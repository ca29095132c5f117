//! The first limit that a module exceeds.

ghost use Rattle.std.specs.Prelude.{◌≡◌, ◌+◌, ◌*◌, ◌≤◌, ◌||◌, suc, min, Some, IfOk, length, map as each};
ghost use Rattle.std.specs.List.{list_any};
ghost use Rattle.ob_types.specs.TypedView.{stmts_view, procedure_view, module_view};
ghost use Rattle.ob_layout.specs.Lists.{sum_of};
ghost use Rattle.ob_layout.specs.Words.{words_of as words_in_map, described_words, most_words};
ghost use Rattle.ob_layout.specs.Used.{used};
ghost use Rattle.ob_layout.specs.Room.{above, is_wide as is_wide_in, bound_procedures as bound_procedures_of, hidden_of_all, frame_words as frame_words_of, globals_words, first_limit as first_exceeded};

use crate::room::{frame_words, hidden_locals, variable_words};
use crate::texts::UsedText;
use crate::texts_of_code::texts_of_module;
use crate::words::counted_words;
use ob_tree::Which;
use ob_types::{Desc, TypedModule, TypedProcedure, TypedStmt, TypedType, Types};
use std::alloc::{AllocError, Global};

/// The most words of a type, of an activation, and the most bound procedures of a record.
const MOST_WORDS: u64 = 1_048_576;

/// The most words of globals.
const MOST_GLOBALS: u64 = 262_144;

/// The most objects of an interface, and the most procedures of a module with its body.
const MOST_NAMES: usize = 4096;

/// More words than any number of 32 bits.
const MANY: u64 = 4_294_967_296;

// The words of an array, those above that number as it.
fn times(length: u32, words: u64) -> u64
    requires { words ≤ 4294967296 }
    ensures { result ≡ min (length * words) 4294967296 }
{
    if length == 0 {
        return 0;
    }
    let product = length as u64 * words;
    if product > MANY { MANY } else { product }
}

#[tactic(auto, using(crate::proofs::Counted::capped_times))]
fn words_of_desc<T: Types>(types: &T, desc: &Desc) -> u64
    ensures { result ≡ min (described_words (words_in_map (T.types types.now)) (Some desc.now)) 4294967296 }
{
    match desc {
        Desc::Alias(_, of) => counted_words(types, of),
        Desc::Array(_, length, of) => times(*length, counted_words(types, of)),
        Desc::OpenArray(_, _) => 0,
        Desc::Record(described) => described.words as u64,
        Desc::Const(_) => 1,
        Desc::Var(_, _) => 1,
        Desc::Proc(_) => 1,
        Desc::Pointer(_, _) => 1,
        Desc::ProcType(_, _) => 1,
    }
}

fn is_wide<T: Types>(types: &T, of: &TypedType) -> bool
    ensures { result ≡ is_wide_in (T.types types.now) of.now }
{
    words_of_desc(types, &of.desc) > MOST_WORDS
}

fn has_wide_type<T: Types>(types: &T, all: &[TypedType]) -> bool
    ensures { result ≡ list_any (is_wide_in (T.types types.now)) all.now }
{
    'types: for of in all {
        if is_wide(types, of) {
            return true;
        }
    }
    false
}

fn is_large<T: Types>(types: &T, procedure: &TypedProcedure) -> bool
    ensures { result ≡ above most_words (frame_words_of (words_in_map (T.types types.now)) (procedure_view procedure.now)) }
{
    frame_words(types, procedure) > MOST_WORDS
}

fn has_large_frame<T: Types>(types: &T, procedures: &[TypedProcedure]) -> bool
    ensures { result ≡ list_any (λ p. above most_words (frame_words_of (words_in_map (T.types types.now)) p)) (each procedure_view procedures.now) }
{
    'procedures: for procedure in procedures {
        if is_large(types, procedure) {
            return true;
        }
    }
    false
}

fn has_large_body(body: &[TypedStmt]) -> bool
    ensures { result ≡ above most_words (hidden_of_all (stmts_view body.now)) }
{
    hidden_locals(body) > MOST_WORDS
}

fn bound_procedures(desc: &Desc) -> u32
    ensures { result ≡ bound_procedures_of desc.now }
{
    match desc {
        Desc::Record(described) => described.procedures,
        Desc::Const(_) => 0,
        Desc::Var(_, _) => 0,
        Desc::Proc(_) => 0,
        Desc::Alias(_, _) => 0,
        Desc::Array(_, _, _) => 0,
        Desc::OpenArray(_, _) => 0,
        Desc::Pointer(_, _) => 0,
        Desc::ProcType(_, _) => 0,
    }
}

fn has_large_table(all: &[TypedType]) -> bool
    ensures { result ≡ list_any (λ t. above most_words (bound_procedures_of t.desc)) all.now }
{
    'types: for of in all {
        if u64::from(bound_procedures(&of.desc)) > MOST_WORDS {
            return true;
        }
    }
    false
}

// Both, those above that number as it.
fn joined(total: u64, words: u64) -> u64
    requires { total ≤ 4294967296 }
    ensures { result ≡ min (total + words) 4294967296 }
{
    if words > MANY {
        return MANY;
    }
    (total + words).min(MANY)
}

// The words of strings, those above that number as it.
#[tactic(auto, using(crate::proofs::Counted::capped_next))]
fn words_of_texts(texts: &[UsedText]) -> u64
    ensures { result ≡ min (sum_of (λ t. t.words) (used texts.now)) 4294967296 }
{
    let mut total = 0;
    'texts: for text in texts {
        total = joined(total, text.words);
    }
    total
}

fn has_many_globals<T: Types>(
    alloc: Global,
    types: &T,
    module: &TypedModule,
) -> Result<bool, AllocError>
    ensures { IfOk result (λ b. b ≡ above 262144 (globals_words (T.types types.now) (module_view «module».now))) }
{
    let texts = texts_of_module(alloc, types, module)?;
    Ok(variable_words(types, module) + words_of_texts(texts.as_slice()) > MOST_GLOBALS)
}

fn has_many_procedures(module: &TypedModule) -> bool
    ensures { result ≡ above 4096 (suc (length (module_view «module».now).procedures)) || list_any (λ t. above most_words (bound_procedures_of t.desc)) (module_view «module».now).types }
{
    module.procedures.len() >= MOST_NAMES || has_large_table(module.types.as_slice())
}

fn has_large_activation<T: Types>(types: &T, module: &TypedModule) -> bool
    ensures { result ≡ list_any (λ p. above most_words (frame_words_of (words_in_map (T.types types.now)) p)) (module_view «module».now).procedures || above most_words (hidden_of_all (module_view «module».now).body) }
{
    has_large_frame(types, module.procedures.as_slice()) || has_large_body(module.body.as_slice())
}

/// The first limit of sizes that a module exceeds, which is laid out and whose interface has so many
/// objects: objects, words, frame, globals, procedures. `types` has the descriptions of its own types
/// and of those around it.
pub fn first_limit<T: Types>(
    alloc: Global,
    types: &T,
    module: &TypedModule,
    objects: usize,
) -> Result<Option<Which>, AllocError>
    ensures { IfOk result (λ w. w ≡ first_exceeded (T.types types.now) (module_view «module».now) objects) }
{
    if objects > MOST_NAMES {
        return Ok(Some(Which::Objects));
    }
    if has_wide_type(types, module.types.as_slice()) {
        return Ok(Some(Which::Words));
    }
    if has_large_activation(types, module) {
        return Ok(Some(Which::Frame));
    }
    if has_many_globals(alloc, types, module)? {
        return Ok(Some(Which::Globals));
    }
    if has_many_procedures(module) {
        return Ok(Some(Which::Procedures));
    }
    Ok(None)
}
##########
Write out all of the records once more, exactly.

Solved problem
repository ca29095132c5f117
//! The first limit that a module exceeds.

ghost use Rattle.std.specs.Prelude.{◌≡◌, ◌+◌, ◌*◌, ◌≤◌, ◌||◌, suc, min, Some, IfOk, length, map as each};
ghost use Rattle.std.specs.List.{list_any};
ghost use Rattle.ob_types.specs.TypedView.{stmts_view, procedure_view, module_view};
ghost use Rattle.ob_layout.specs.Lists.{sum_of};
ghost use Rattle.ob_layout.specs.Words.{words_of as words_in_map, described_words, most_words};
ghost use Rattle.ob_layout.specs.Used.{used};
ghost use Rattle.ob_layout.specs.Room.{above, is_wide as is_wide_in, bound_procedures as bound_procedures_of, hidden_of_all, frame_words as frame_words_of, globals_words, first_limit as first_exceeded};

use crate::room::{frame_words, hidden_locals, variable_words};
use crate::texts::UsedText;
use crate::texts_of_code::texts_of_module;
use crate::words::counted_words;
use ob_tree::Which;
use ob_types::{Desc, TypedModule, TypedProcedure, TypedStmt, TypedType, Types};
use std::alloc::{AllocError, Global};

/// The most words of a type, of an activation, and the most bound procedures of a record.
const MOST_WORDS: u64 = 1_048_576;

/// The most words of globals.
const MOST_GLOBALS: u64 = 262_144;

/// The most objects of an interface, and the most procedures of a module with its body.
const MOST_NAMES: usize = 4096;

/// More words than any number of 32 bits.
const MANY: u64 = 4_294_967_296;

// The words of an array, those above that number as it.
fn times(length: u32, words: u64) -> u64
    requires { words ≤ 4294967296 }
    ensures { result ≡ min (length * words) 4294967296 }
{
    if length == 0 {
        return 0;
    }
    let product = length as u64 * words;
    if product > MANY { MANY } else { product }
}

#[tactic(auto, using(crate::proofs::Counted::capped_times))]
fn words_of_desc<T: Types>(types: &T, desc: &Desc) -> u64
    ensures { result ≡ min (described_words (words_in_map (T.types types.now)) (Some desc.now)) 4294967296 }
{
    match desc {
        Desc::Alias(_, of) => counted_words(types, of),
        Desc::Array(_, length, of) => times(*length, counted_words(types, of)),
        Desc::OpenArray(_, _) => 0,
        Desc::Record(described) => described.words as u64,
        Desc::Const(_) => 1,
        Desc::Var(_, _) => 1,
        Desc::Proc(_) => 1,
        Desc::Pointer(_, _) => 1,
        Desc::ProcType(_, _) => 1,
    }
}

fn is_wide<T: Types>(types: &T, of: &TypedType) -> bool
    ensures { result ≡ is_wide_in (T.types types.now) of.now }
{
    words_of_desc(types, &of.desc) > MOST_WORDS
}

fn has_wide_type<T: Types>(types: &T, all: &[TypedType]) -> bool
    ensures { result ≡ list_any (is_wide_in (T.types types.now)) all.now }
{
    'types: for of in all {
        if is_wide(types, of) {
            return true;
        }
    }
    false
}

fn is_large<T: Types>(types: &T, procedure: &TypedProcedure) -> bool
    ensures { result ≡ above most_words (frame_words_of (words_in_map (T.types types.now)) (procedure_view procedure.now)) }
{
    frame_words(types, procedure) > MOST_WORDS
}

fn has_large_frame<T: Types>(types: &T, procedures: &[TypedProcedure]) -> bool
    ensures { result ≡ list_any (λ p. above most_words (frame_words_of (words_in_map (T.types types.now)) p)) (each procedure_view procedures.now) }
{
    'procedures: for procedure in procedures {
        if is_large(types, procedure) {
            return true;
        }
    }
    false
}

fn has_large_body(body: &[TypedStmt]) -> bool
    ensures { result ≡ above most_words (hidden_of_all (stmts_view body.now)) }
{
    hidden_locals(body) > MOST_WORDS
}

fn bound_procedures(desc: &Desc) -> u32
    ensures { result ≡ bound_procedures_of desc.now }
{
    match desc {
        Desc::Record(described) => described.procedures,
        Desc::Const(_) => 0,
        Desc::Var(_, _) => 0,
        Desc::Proc(_) => 0,
        Desc::Alias(_, _) => 0,
        Desc::Array(_, _, _) => 0,
        Desc::OpenArray(_, _) => 0,
        Desc::Pointer(_, _) => 0,
        Desc::ProcType(_, _) => 0,
    }
}

fn has_large_table(all: &[TypedType]) -> bool
    ensures { result ≡ list_any (λ t. above most_words (bound_procedures_of t.desc)) all.now }
{
    'types: for of in all {
        if u64::from(bound_procedures(&of.desc)) > MOST_WORDS {
            return true;
        }
    }
    false
}

// Both, those above that number as it.
fn joined(total: u64, words: u64) -> u64
    requires { total ≤ 4294967296 }
    ensures { result ≡ min (total + words) 4294967296 }
{
    if words > MANY {
        return MANY;
    }
    (total + words).min(MANY)
}

// The words of strings, those above that number as it.
#[tactic(auto, using(crate::proofs::Counted::capped_next))]
fn words_of_texts(texts: &[UsedText]) -> u64
    ensures { result ≡ min (sum_of (λ t. t.words) (used texts.now)) 4294967296 }
{
    let mut total = 0;
    'texts: for text in texts {
        total = joined(total, text.words);
    }
    total
}

fn has_many_globals<T: Types>(
    alloc: Global,
    types: &T,
    module: &TypedModule,
) -> Result<bool, AllocError>
    ensures { IfOk result (λ b. b ≡ above 262144 (globals_words (T.types types.now) (module_view «module».now))) }
{
    let texts = texts_of_module(alloc, types, module)?;
    Ok(variable_words(types, module) + words_of_texts(texts.as_slice()) > MOST_GLOBALS)
}

fn has_many_procedures(module: &TypedModule) -> bool
    ensures { result ≡ above 4096 (suc (length (module_view «module».now).procedures)) || list_any (λ t. above most_words (bound_procedures_of t.desc)) (module_view «module».now).types }
{
    module.procedures.len() >= MOST_NAMES || has_large_table(module.types.as_slice())
}

fn has_large_activation<T: Types>(types: &T, module: &TypedModule) -> bool
    ensures { result ≡ list_any (λ p. above most_words (frame_words_of (words_in_map (T.types types.now)) p)) (module_view «module».now).procedures || above most_words (hidden_of_all (module_view «module».now).body) }
{
    has_large_frame(types, module.procedures.as_slice()) || has_large_body(module.body.as_slice())
}

/// The first limit of sizes that a module exceeds, which is laid out and whose interface has so many
/// objects: objects, words, frame, globals, procedures. `types` has the descriptions of its own types
/// and of those around it.
pub fn first_limit<T: Types>(
    alloc: Global,
    types: &T,
    module: &TypedModule,
    objects: usize,
) -> Result<Option<Which>, AllocError>
    ensures { IfOk result (λ w. w ≡ first_exceeded (T.types types.now) (module_view «module».now) objects) }
{
    if objects > MOST_NAMES {
        return Ok(Some(Which::Objects));
    }
    if has_wide_type(types, module.types.as_slice()) {
        return Ok(Some(Which::Words));
    }
    if has_large_activation(types, module) {
        return Ok(Some(Which::Frame));
    }
    if has_many_globals(alloc, types, module)? {
        return Ok(Some(Which::Globals));
    }
    if has_many_procedures(module) {
        return Ok(Some(Which::Procedures));
    }
    Ok(None)
}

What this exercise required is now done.